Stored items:

********

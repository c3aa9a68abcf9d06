//! The line that says why a run did not do its work.
ghost use Rattle.std.specs.Prelude.{◌≡◌, ◌≤◌, length};
ghost use Rattle.px_commands.specs.Notes.{IsTold, kind_word, limit_line, malformed_line, note_of};

use crate::refusal::{Kind, Refusal};
use crate::stop::Stop;
use crate::words::{cause_word, list_word, scene_word};
use arrayvec::ArrayString;
use itoa::Buffer;
use px_io::{Sink, write_whole};
use px_scene::Cause;

/// Writes a line and finishes, whatever comes of it.
pub fn tell<E: Sink>(line: &[u8], notes: &mut E)
    ensures { IsTold line.now (E.state notes.old) (E.state notes.new) }
{
    if let Ok(()) = write_whole(notes, line) {
        let _ = notes.finish();
    }
}

/// The line of a stop.
pub fn line_of(stop: &Stop) -> ArrayString<128>
    ensures { result.bytes ≡ note_of stop.now }
{
    match *stop {
        Stop::Usage => plain(
            "usage: pxplanes [render|colour|tidy|plan|cost|debug|sample N|shadow|tile W H|refine K|list|play]\n",
        ),
        Stop::Refused(Refusal::Malformed { line, cause }) => malformed_line(line, cause),
        Stop::Refused(Refusal::Limit { line, kind, found }) => limit_line(line, kind, found),
        Stop::ReadFault => plain("read fault\n"),
        Stop::WriteFault => plain("write fault\n"),
        Stop::Memory(_) => plain("out of memory\n"),
    }
}

fn plain(text: &str) -> ArrayString<128>
    requires { length text.now ≤ 128 }
    ensures { result.bytes ≡ text.now }
{
    let mut line = ArrayString::new();
    line.push_str(text);
    line
}

#[tactic(auto, unfolding(crate::specs::Notes::malformed_line))]
fn malformed_line(line: u32, cause: Cause) -> ArrayString<128>
    ensures { result.bytes ≡ malformed_line line cause }
{
    let mut digits = Buffer::new();
    let mut text = ArrayString::new();
    text.push_str("malformed line ");
    text.push_str(digits.format(line));
    text.push_str(": ");
    text.push_str(cause_word(cause));
    text.push_str("\n");
    text
}

#[tactic(auto, unfolding(crate::specs::Notes::limit_line))]
fn limit_line(line: u32, kind: Kind, found: i64) -> ArrayString<128>
    ensures { result.bytes ≡ limit_line line kind found }
{
    let mut digits = Buffer::new();
    let mut text = ArrayString::new();
    text.push_str("limit line ");
    text.push_str(digits.format(line));
    text.push_str(": ");
    text.push_str(kind_word(kind));
    text.push_str(" ");
    text.push_str(digits.format(found));
    text.push_str("\n");
    text
}

fn kind_word(kind: Kind) -> &'static str
    ensures word { result.now ≡ kind_word kind }
    ensures short { length result.now ≤ 12 }
{
    match kind {
        Kind::Scene(kind) => scene_word(kind),
        Kind::Lights => "lights",
        Kind::Tiles => "tiles",
        Kind::List(kind) => list_word(kind),
    }
}
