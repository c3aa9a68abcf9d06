//! How a run ends.
ghost use Rattle.std.specs.Prelude.{◌≡◌};
ghost use Rattle.px_commands.specs.Statuses.{code};

use px_num::Memory;

/// How a run ends (docs/SCENES.md, "Refusals").
#[derive(Debug, Drop, PartialEq, Eq)]
pub enum Status {
    /// The defined output was written and finished.
    Done,
    /// The words of the command line name no command.
    Usage,
    /// The text is bad by its form.
    Malformed,
    /// A number or a count passes its limit.
    Limit,
    /// The input could not be read.
    ReadFault,
    /// The output could not be written.
    WriteFault,
    /// Memory was wanted and not given.
    Memory(Memory),
}

impl Status {
    /// The status with which the process ends.
    pub fn code(self) -> u8
        ensures { result ≡ code self }
    {
        match self {
            Status::Done => 0,
            Status::Usage => 2,
            Status::Malformed => 3,
            Status::Limit => 4,
            Status::ReadFault => 5,
            Status::WriteFault => 6,
            Status::Memory(_) => 7,
        }
    }
}
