//! What all commands share: their words, their texts, and what a run comes to.
#![tactic(auto)]

mod command;
mod command_words;
mod cost;
mod note;
mod plan;
mod refusal;
mod sample;
mod status;
mod steps;
mod stop;
mod words;

pub use command::{Command, Size, Work};
pub use command_words::{PIXEL_BITS, WIDE_PIXEL_BITS, command_in, command_of, needs_wide_pixels};
pub use cost::cost_text;
pub use note::{line_of, tell};
pub use plan::plan_text;
pub use refusal::{Kind, READ_LIMIT, Refusal, too_long};
pub use sample::four_lines;
pub use status::Status;
pub use steps::{behind, drawing_of, kept_of, open_job, read_text, scene_in, write_finished};
pub use stop::{SceneStop, Stop, past_limit};
pub use words::{cause_word, list_word, scene_word};
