//! The text of `sample`: four numbers of a scene and its picture.
ghost use Rattle.std.specs.Prelude.{◌≡◌};
ghost use Rattle.px_commands.specs.SampleText.{four_lines};

use arrayvec::ArrayString;
use itoa::Buffer;

/// A line for each of the four numbers: how many pixels show a face, the sum of their depths, how
/// many products can show anything, and how many clocks the passes take (docs/SCENES.md, "Commands").
#[tactic(auto, unfolding(crate::specs::SampleText::four_lines))]
pub fn four_lines(shown: u64, depths: u64, products: u64, clocks: u64) -> ArrayString<128>
    ensures { result.bytes ≡ four_lines shown depths products clocks }
{
    let mut digits = Buffer::new();
    let mut text = ArrayString::new();
    text.push_str("shown ");
    text.push_str(digits.format(shown));
    text.push_str("\ndepths ");
    text.push_str(digits.format(depths));
    text.push_str("\nproducts ");
    text.push_str(digits.format(products));
    text.push_str("\nclocks ");
    text.push_str(digits.format(clocks));
    text.push_str("\n");
    text
}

********

Problem to solve.
Match on "crate" and copy out every line of the entries that contains it.

Answer.
use crate::refusal::{Kind, Refusal};
use crate::stop::Stop;
use crate::words::{cause_word, list_word, scene_word};
#[tactic(auto, unfolding(crate::specs::Notes::malformed_line))]
#[tactic(auto, unfolding(crate::specs::Notes::limit_line))]
#[tactic(auto, unfolding(crate::specs::SampleText::four_lines))]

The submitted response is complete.